Being a team but individually — A Covid-19 update

Kaja Wasik
Variant Bio
Published in
3 min readApr 1, 2020
The Variant Bio team

It’s April 1st and it’s not funny here. At Variant we made the decision to work from home starting Friday the 13th of March. Long before NYC became the US Covid-19 epicenter, we encouraged our employees to work from wherever they felt safe since we anticipated that the pandemic would probably last awhile. The following week, NYC shut down in an attempt to #FlattenTheCurve. We asked everyone to be available more or less during working hours (eastern time). As of today, we are in Los Angeles, San Francisco, Charleston, Boston, New York, and the Isle of Mull (Scotland).
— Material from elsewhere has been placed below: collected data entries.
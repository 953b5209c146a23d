//! Laws over pages and the grammar. The functions do nothing, or call others that do nothing: their contracts are the laws.

ghost use Rattle.recalls.specs.Laws.{FindsWhatIsSpelled, HasOneSpelling, IsNoPacket, NoPrefix, OnlyThese, ReadsItAgain, SpellsOne};
ghost use Rattle.rolls.specs.Rolls.{IsRoll};
ghost use Rattle.rolls.specs.Grammar.{Spells as SpellsRoll};
ghost use Rattle.rolls.specs.Reading.{roll_at};
ghost use Rattle.rolls.specs.Laws.{EachNumberHasItsPlace, EachPlaceHasItsNumber, HearsRecalls, HearsRolls, IsNoRecall, LengthsAreGiven, NoRecallIsOne, NoneIsShort};

/// Each circuit number has one place on one page, and each place has one number.
pub fn pages()
    ensures number { EachNumberHasItsPlace }
    ensures place { EachPlaceHasItsNumber }
{}

/// Each roll has exactly one spelling, and nothing else has one.
pub fn one_spelling()
    ensures has { HasOneSpelling SpellsRoll IsRoll }
    ensures only { OnlyThese SpellsRoll IsRoll }
{}

/// No bytes spell two rolls.
pub fn one_roll()
    ensures { SpellsOne SpellsRoll }
{}

/// No spelling is a prefix of another's.
pub fn no_prefix()
    ensures { NoPrefix SpellsRoll }
{}

/// A roll's spelling has 12 bytes and those of its body: 17, 258, 17 or 1,037. None is shorter than the shortest packet.
pub fn lengths()
    ensures given { LengthsAreGiven }
    ensures least { NoneIsShort }
{}

/// Reading from the front, which says what the first fault is, finds what the grammar says.
pub fn reading()
    ensures again { ReadsItAgain SpellsRoll roll_at }
    ensures found { FindsWhatIsSpelled SpellsRoll roll_at }
{}

/// What spells a roll is no packet of either version, and is refused as bytes of a bad mark.
pub fn is_no_packet()
    ensures { IsNoPacket SpellsRoll }
{}

/// What spells a roll is no recall, and is refused as bytes of a bad kind; what spells a recall is no roll.
pub fn is_no_recall()
    ensures roll { IsNoRecall }
    ensures recall { NoRecallIsOne }
{}

/// What spells a roll is heard as it, and so is what spells a recall.
pub fn hears()
    ensures rolls { HearsRolls }
    ensures recalls { HearsRecalls }
{
    recalls::laws::reading();
}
We are a very young company. Our two most recent employees, Paloma and Scott, started in February! How are we supposed to function as a team if we can’t interact face-to-face? We came up with a plan and are now testing it. It all revolves around Zoom, partially thanks to their custom background feature. We implemented a daily team update every morning, which mimics the social time around your first office coffee.
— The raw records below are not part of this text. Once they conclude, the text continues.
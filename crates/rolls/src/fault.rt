//! Why bytes are no roll.

/// The first fault of the bytes, in the order in which they stand here; but that bytes which end in the body are found out behind the
/// members.
#[derive(Clone, Copy, PartialEq, Eq)]
pub enum RollFault {
    /// The bytes end before the roll does.
    Short,
    /// The bytes don't begin with `TR`.
    BadMark,
    /// The version is not 1.
    BadVersion,
    /// The kind is not 2 to 5.
    BadKind,
    /// The sender or the addressee is no member, or they are one member.
    BadMember,
    /// The page is above 122.
    BadPage,
    /// A byte behind what an ask says is not 0.
    BadPad,
    /// A count is above the numbers of its page.
    BadCount,
    /// A bit is set that stands for no number.
    BadBits,
    /// Bytes stand after the roll.
    Long,
}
Top to bottom, left to right: Tom, Stephane, Erin, and Tyler experimenting with Zoom backgrounds

We chat about Covid-19, quarantine, the future, eating too much, and how nobody laughs at Peloton anymore. We are accidentally learning a lot about our coworkers’ lives by being unofficially invited to their houses and cars. We have seen the inside of Tom’s Land Rover (the only place he gets decent-enough internet to support a video conference call), filled with camera gear, and Scott’s pool, and we are all very jealous. We now know that accidental muting is better than accidental unmuting. We can also now recognize the voices of everyone’s significant other and/or mother.
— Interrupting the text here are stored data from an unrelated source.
//! Writing a roll as bytes.

ghost use Rattle.std.specs.Prelude.{◌≡◌, ◌≤◌, ◌+◌, ◌++◌, List, ℕ, Ok, length, IfOk, OnOk};
ghost use Rattle.std.specs.Int.{w16, w32, to_be_bytes};
ghost use Rattle.rolls.specs.Kinds.{body_len};
ghost use Rattle.rolls.specs.Bodies.{said, kind_of};
ghost use Rattle.rolls.specs.Rolls.{IsBody, IsRoll};
ghost use Rattle.rolls.specs.Grammar.{Spells};
ghost use Rattle.rolls.specs.Reading.{roll_at};
ghost use Rattle.rolls.specs.Spelling.{front_bytes, count_bytes, body_bytes, spelling};

use crate::body::{ASK_LEN, RollBody};
use crate::reading::HEADER_LEN;
use crate::roll::Roll;
use std::alloc::{AllocError, Global};

fn put_front(out: &mut Vec<u8>, kind: u8, circuit: u16) -> Result<(), AllocError>
    ensures { OnOk result (out.new.items ≡ out.old.items ++ front_bytes kind circuit) }
{
    out.extend_from_slice(&[b'T', b'R', 1, kind])?;
    out.extend_from_slice(&circuit.to_be_bytes())?;
    Ok(())
}

fn put_count(out: &mut Vec<u8>, count: u16) -> Result<(), AllocError>
    ensures { OnOk result (out.new.items ≡ out.old.items ++ to_be_bytes w16 count) }
{
    out.extend_from_slice(&count.to_be_bytes())
}

fn put_counts(out: &mut Vec<u8>, counts: &[u16]) -> Result<(), AllocError>
    ensures { OnOk result (out.new.items ≡ out.old.items ++ count_bytes counts.now) }
{
    for count in counts {
        put_count(out, *count)?;
    }
    Ok(())
}

fn put_body(out: &mut Vec<u8>, body: &RollBody) -> Result<(), AllocError>
    ensures exact { OnOk result (out.new.items ≡ out.old.items ++ body_bytes (said body.now)) }
    ensures range { OnOk result (IsBody (said body.now)) }
{
    match body {
        RollBody::CountsAsked => out.extend_from_slice(&[0; ASK_LEN])?,
        RollBody::Counts(counts) => put_counts(out, counts.as_slice())?,
        RollBody::PageAsked(page) => out.extend_from_slice(&[page.get(), 0, 0, 0, 0])?,
        RollBody::Page(votes) => {
            out.push(votes.page().get())?;
            out.extend_from_slice(votes.as_bytes())?;
        }
    }
    Ok(())
}

fn written(alloc: Global, roll: &Roll) -> Result<Vec<u8>, AllocError>
    ensures exact { IfOk result (λ v. v.items ≡ spelling roll.now) }
    ensures range { OnOk result (IsRoll roll.now) }
{
    let ticket = roll.ticket();
    let (from, to) = (ticket.from().get(), ticket.to().get());
    let kind = roll.body().kind();
    let mut out = Vec::with_capacity(alloc, HEADER_LEN + kind.body_len())?;
    put_front(&mut out, kind.byte(), ticket.circuit())?;
    out.extend_from_slice(&[from, to])?;
    out.extend_from_slice(&ticket.asked().to_be_bytes())?;
    put_body(&mut out, roll.body())?;
    Ok(out)
}

/// The one spelling of a roll: 17 bytes, 258, 17 or 1,037, by its kind. Its memory is asked for once.
pub fn encode(alloc: Global, roll: &Roll) -> Result<Vec<u8>, AllocError>
    ensures spelled { IfOk result (λ v. Spells v.items roll.now) }
    // No other bytes spell the roll.
    ensures only { IfOk result (λ v. (other : List ℕ) → Spells other roll.now → other ≡ v.items) }
    ensures again { IfOk result (λ v. roll_at v.items ≡ Ok roll.now) }
    ensures exact { IfOk result (λ v. v.items ≡ spelling roll.now) }
    ensures len { IfOk result (λ v. length v.items ≡ 12 + body_len (kind_of roll.now.body)) }
{
    written(alloc, roll)
}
Top to bottom, left to right: Sarah with baby Norah; Scott with baby Dot; and Kaja with Chairman Meow

Like (presumably) many other teams in this situation, we are taking full advantage of Zoom’s custom backgrounds and we have implemented a weekly contest for the best background. Unfortunately, Erin and Anne-Katrin can’t get their Zoom backgrounds to work, so they keep losing every round. Well, almost every round, since Scott’s last submission was so bad he lost to no background at all…

Some of the background contest winners and losers… Top to bottom, left to right: Kaja — the situation room; Paloma — outbreak; Gabrielle — coronavirus essentials; and Anne-Katrin — Zoom not working.

Finally, we implemented a company-wide happy hour on Fridays. We encourage everyone to grab an (optional alcoholic) beverage and discuss future partnerships. We started Variant around partnering with populations that are extreme outliers for phenotypes of medical relevance. We have a number of such partnerships currently in the works, but recently we have all been focused on the short-term things: building out our analytics pipeline, booking helicopters for doctors in the Himalayas, cold-chain shipping from Madagascar, finding a lawyer in New Caledonia, etc.

Now we all spend a few hours a week researching future projects and finding better ways of identifying and defining epidemiological outliers, evidence of adaptation, and what constitutes medical relevance. The first round of brainstorming focused on tropical islands and warmer climates — understandable given the current situation. The next promises to be more relevant.